Look for the string "those" in the listing below, then copy every line that has it.

+++ DATA FOR ANALYSIS +++

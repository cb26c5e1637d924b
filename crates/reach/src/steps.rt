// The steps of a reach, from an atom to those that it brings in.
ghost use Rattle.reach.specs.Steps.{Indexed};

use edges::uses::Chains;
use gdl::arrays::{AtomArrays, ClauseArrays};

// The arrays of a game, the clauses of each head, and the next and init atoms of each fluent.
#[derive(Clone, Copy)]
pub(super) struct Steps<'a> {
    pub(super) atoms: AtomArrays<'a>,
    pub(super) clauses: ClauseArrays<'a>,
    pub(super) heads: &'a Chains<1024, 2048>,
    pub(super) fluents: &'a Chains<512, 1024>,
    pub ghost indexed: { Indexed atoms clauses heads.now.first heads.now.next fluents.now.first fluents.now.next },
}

+++
+++ DATA FOR ANALYSIS +++

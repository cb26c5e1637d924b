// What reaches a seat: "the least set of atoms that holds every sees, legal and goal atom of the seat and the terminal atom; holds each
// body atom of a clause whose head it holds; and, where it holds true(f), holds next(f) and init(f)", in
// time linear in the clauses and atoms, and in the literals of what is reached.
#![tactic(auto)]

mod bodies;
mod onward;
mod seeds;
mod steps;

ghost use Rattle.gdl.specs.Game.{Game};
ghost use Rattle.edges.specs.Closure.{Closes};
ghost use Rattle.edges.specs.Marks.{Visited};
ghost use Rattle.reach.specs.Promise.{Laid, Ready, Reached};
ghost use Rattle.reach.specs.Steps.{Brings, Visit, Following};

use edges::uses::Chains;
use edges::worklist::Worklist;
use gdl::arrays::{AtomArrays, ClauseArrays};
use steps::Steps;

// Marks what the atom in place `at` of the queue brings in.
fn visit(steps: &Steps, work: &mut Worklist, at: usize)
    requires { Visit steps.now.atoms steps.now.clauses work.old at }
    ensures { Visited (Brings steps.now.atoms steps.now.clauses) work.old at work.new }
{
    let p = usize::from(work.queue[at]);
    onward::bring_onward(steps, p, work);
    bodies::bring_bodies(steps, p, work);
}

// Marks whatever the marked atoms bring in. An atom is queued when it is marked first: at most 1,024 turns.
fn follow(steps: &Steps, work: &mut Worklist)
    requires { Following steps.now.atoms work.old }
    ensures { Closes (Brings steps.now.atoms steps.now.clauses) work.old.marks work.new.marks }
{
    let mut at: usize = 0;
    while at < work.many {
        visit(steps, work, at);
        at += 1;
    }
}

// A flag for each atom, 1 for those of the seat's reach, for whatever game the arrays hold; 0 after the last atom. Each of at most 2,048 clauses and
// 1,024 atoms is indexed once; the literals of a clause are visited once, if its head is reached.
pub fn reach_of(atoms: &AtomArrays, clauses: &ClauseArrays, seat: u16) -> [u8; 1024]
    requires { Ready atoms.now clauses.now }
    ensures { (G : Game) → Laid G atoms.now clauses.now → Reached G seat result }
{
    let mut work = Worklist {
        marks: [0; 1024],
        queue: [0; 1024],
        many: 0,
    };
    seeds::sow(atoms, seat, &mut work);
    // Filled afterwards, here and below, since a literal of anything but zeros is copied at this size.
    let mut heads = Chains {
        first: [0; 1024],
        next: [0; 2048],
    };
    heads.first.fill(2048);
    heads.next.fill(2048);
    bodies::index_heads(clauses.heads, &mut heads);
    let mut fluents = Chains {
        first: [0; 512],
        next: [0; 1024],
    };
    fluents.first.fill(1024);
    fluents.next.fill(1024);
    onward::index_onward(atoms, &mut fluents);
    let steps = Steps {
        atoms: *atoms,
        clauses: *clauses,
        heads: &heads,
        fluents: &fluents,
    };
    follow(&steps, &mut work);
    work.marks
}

+++
+++ DATA FOR ANALYSIS +++

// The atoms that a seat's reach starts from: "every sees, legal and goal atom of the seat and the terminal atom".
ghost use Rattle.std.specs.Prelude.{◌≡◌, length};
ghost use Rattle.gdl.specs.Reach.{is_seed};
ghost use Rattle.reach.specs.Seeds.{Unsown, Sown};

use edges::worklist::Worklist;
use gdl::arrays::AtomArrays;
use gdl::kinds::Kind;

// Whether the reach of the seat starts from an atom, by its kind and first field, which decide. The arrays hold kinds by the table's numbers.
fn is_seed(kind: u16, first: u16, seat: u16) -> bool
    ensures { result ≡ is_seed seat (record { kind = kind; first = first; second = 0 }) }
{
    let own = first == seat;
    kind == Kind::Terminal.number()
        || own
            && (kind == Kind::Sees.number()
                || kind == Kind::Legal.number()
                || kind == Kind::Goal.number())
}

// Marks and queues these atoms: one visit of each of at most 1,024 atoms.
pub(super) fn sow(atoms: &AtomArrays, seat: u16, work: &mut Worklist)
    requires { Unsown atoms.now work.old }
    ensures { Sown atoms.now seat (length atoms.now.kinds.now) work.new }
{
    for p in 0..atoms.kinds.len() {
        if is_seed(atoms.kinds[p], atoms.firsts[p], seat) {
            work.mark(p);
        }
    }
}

+++

== TASK ANSWER ==
// The steps of a reach, from an atom to those that it brings in.
// A flag for each atom, 1 for those of the seat's reach, for whatever game the arrays hold; 0 after the last atom. Each of at most 2,048 clauses and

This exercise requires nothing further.